Senate Bill 110 passed the Senate 39-0 on Wednesday and would allocate $200 million to expand education offerings, increase health care availability for rural residents and help modernize commerce. 

SB110, sponsored by Sen. Corey Simon, R-Tallahassee, would also appropriate $91 million for transportation projects in fiscally constrained counties. 

Sen. Gayle Harrell, R-Stuart, represents a district that includes the wealthy coast and more rural agricultural areas of Martin County and parts of Palm Beach and St. Lucie counties. 

“People don’t realize that agriculture is the No. 2 industry in our state,” Harrell said during debate on the bill. “We have to make sure we’re supporting our agricultural communities. They get forgotten a lot and we want to make sure with this bill that we are going to put them on the forefront, especially with health care.”
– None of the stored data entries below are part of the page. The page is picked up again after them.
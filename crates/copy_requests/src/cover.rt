//! Cover: the offsets that a partition has seen.

ghost use Rattle.std.specs.Prelude.{◌≡◌, ◌++◌, OnOk, OnErr};
ghost use Rattle.std.specs.List.{flat_map};
ghost use Rattle.request_frames.specs.Cover.{cover_view};
ghost use Rattle.responses.specs.Cover.{cover_run_bytes};
ghost use Rattle.answering.specs.Codes.{no_error};
ghost use Rattle.answering.specs.Doing.{DoesWork};
ghost use Rattle.answering.specs.Once.{WritesOnce};
ghost use Rattle.answering.specs.Writing.{Begins};
ghost use Rattle.copy_requests.specs.Cover.{cover_work, cover_sent};

use answering::{Body, ErrorCode, respond_with};
use broker_state::BrokerState;
use request_frames::CoverRequest;
use responses::append_fixed;
use responses::cover::{cover_head, cover_parts, cover_run_bytes};
use segment::BatchStore;
use std::alloc::{AllocError, Allocator};

/// The most runs that are sent.
pub const MAX_COVER_RUNS: usize = 500_000;

/// The answer to a Cover request.
#[derive(Drop)]
struct Covered<'c> {
    code: i16,
    runs: &'c [(i64, i64)],
}

/// Appends runs.
fn put_runs<A: Allocator + Copy>(
    runs: &[(i64, i64)],
    out: &mut Vec<u8, A>,
) -> Result<(), AllocError>
    ensures appends { OnOk result
        (out.new.items ≡ out.old.items ++ flat_map cover_run_bytes runs.now) }
    ensures begins { OnErr result (Begins out.old.items out.new.items) }
{
    for run in runs {
        append_fixed(out, &cover_run_bytes(*run))?;
    }
    Ok(())
}

impl<'c> Body for Covered<'c> {
    ghost use Rattle.std.specs.Prelude.{◌++◌, length, None};
    ghost use Rattle.std.specs.List.{flat_map};
    ghost use Rattle.responses.specs.Cover.{cover_head_bytes, cover_run_bytes};

    ghost bytes = { λ covered. cover_head_bytes covered.code (length covered.runs.now)
        ++ flat_map cover_run_bytes covered.runs.now };

    ghost size = { λ covered. None };

    fn put<A: Allocator + Copy>(&self, out: &mut Vec<u8, A>) -> Result<(), AllocError> {
        let count = u32::try_from(self.runs.len()).map_err(|_| AllocError)?;
        append_fixed(out, &cover_head(self.code, count))?;
        put_runs(self.runs, out)
    }
}

/// The runs of a partition.
fn cover_of<'n, S: BatchStore>(
    state: &'n BrokerState<S>,
    topic: &[u8],
    partition: i32,
) -> Result<&'n [(i64, i64)], ErrorCode>
    ensures { DoesWork (cover_work state.now
        (record { topic = topic.now; partition = partition }))
        (λ runs. record { code = no_error; runs = runs.now }) result state.now state.now }
{
    let Some(copy) = state.log(topic, partition) else {
        return Err(ErrorCode::UnknownTopicOrPartition);
    };
    let runs = copy.cover().ranges();
    if runs.len() <= MAX_COVER_RUNS {
        Ok(runs)
    } else {
        Err(ErrorCode::MessageTooLarge)
    }
}

/// Appends the response of a code and runs.
fn put_answer<A: Allocator + Copy>(
    correlation: i32,
    code: i16,
    runs: &[(i64, i64)],
    out: &mut Vec<u8, A>,
) -> Result<(), AllocError>
    ensures appends { OnOk result (out.new.items ≡ out.old.items ++ cover_sent correlation
        (record { code = code; runs = runs.now })) }
    ensures unchanged_on_error { OnErr result (out.new.items ≡ out.old.items) }
{
    // A law for the proof: the parts are the whole.
    cover_parts();
    respond_with(correlation, &Covered { code, runs }, out)
}

/// Appends the response to a Cover request. It changes nothing else.
///
/// # Errors
///
/// `AllocError` where there is no memory for the response; the output is then as before.
pub fn reply_to_cover<S: BatchStore, A: Allocator + Copy>(
    state: &BrokerState<S>,
    correlation: i32,
    request: &CoverRequest<'_>,
    out: &mut Vec<u8, A>,
) -> Result<(), AllocError>
    ensures responds { OnOk result (WritesOnce (cover_sent correlation)
        (cover_work state.now (cover_view request.now)) state.now
        out.old.items out.new.items state.now) }
    ensures unchanged_on_error { OnErr result (out.new.items ≡ out.old.items) }
{
    match cover_of(state, request.topic, request.partition) {
        Ok(runs) => put_answer(correlation, 0, runs, out),
        Err(fault) => put_answer(correlation, fault.number(), &[], out),
    }
}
Simon’s measure would also mandate that the state land planning agency to give special preference for technical assistance funding to local governments located in what is called a rural area of opportunity.

The bill would also allow eligible rural counties to receive at least $50 million in sales tax distribution. 

Under SB110, the state Department of Commerce would create an Office of Rural Prosperity and a Public Infrastructure Smart Technology Grant Program to help these areas upgrade their infrastructure. 

Added to the measure was a change to the state’s Florida Reimbursement Assistance for Medical Education Program that would add eligibility for medical doctors or doctors of osteopathic medicine who are board certified in emergency medicine and employed by or under contract with a rural hospital. 

Rural health care practitioners such as doctors and nurses could receive $250,000 each under a new grant program to build new facilities, buy new equipment and add telehealth services among other allowed costs. 

The bill was amended on the floor to add that areas in the Everglades Agricultural Area in the southern part of the peninsula near Lake Okeechobee would be priority areas under the measure. 

Counties eligible for designation as fiscally-constrained status must meet at least one of two criteria. Fiscally constrained counties are those where a 1 mill levy – which adds up to one dollar per $1,000 dollars of assessed value – would raise no more than $5 million in annual tax revenue or have been listed on the governor’s executive order as an area of economic concern.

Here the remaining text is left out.